Let $$f : S \to S$$ where $$S = (0, \infty)$$ be a twice differentiable function such that $$f(x+1) = xf(x)$$. If $$g : S \to R$$ be defined as $$g(x) = \log_e f(x)$$, then the value of $$|g''(5) - g''(1)|$$ is equal to:

We have $$f(x+1) = xf(x)$$ and $$g(x) = \ln f(x)$$. Taking logarithms: $$g(x+1) = \ln(xf(x)) = \ln x + g(x)$$, so $$g(x+1) - g(x) = \ln x$$.

Differentiating twice with respect to $$x$$: $$g''(x+1) - g''(x) = -\frac{1}{x^2}$$.
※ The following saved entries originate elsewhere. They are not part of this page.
//! The tests of cv_desk, over what it offers.
#![tactic(auto)]

#[cfg(test)]
mod test_gates;
#[cfg(test)]
mod tests;
#[cfg(test)]
mod tests_known;
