//! How much a commit reads of what an earlier one found whole, which no answer tells: by the calls of a vault in memory, of
//! which one is to fail.
ghost use Rattle.std.specs.Prelude.{◌<◌, IfOk};

use crate::test_gates::{Ask, Row, answer_of, answers, made_in};
use cv_vault::MemoryVault;
use std::alloc::Global;
use std::test::Fail;

/// More calls than any of these rows makes.
const LIMIT: u64 = 200;

/// The leases.
const LEASES: [Row; 2] = [(Ask::Lease("/a"), "granted"), (Ask::Lease("/b"), "granted")];

/// Whether all goes well where the call of a number fails: a repository is made and opened, the leases are granted, and so many
/// commits are ready, each under a lease of its own.
fn goes_well(alloc: Global, failing: u64, count: u64) -> Result<bool, Fail> {
    let vault = MemoryVault::new(alloc, vec![in alloc; failing]?)?;
    let Some(mut gate) = made_in(alloc, vault)? else {
        return Ok(false);
    };
    let mut well = answers(alloc, &mut gate, &LEASES)?;
    for number in 0..count {
        let word = answer_of(alloc, &mut gate, Ask::Commit(number + 1, false))?;
        well = well && word == "no memory";
    }
    Ok(well)
}

/// How many calls of the vault that takes.
fn calls_of(alloc: Global, count: u64) -> Result<u64, Fail>
    ensures { IfOk result (λ calls. calls < 200) }
{
    for calls in 0..LIMIT {
        if goes_well(alloc, calls + 1, count)? {
            return Ok(calls);
        }
    }
    Err(Fail::new("more calls"))
}

#[test]
fn a_root_that_was_found_whole_is_not_read_again(rt: HostRuntime) -> Result<(), Fail> {
    let before = calls_of(rt.alloc(), 0)?;
    let first = calls_of(rt.alloc(), 1)?;
    let second = calls_of(rt.alloc(), 2)?;
    assert!(rt; before < first);
    assert!(rt; second + before + 1 == first + first);
    Ok(())
}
Now we compute $$g''(5) - g''(1)$$ by telescoping:

$$g''(2) - g''(1) = -\frac{1}{1^2} = -1$$

$$g''(3) - g''(2) = -\frac{1}{2^2} = -\frac{1}{4}$$

$$g''(4) - g''(3) = -\frac{1}{3^2} = -\frac{1}{9}$$

$$g''(5) - g''(4) = -\frac{1}{4^2} = -\frac{1}{16}$$

Adding all these: $$g''(5) - g''(1) = -1 - \frac{1}{4} - \frac{1}{9} - \frac{1}{16} = -\frac{144 + 36 + 16 + 9}{144} = -\frac{205}{144}$$.

Therefore, $$|g''(5) - g''(1)| = \frac{205}{144}$$.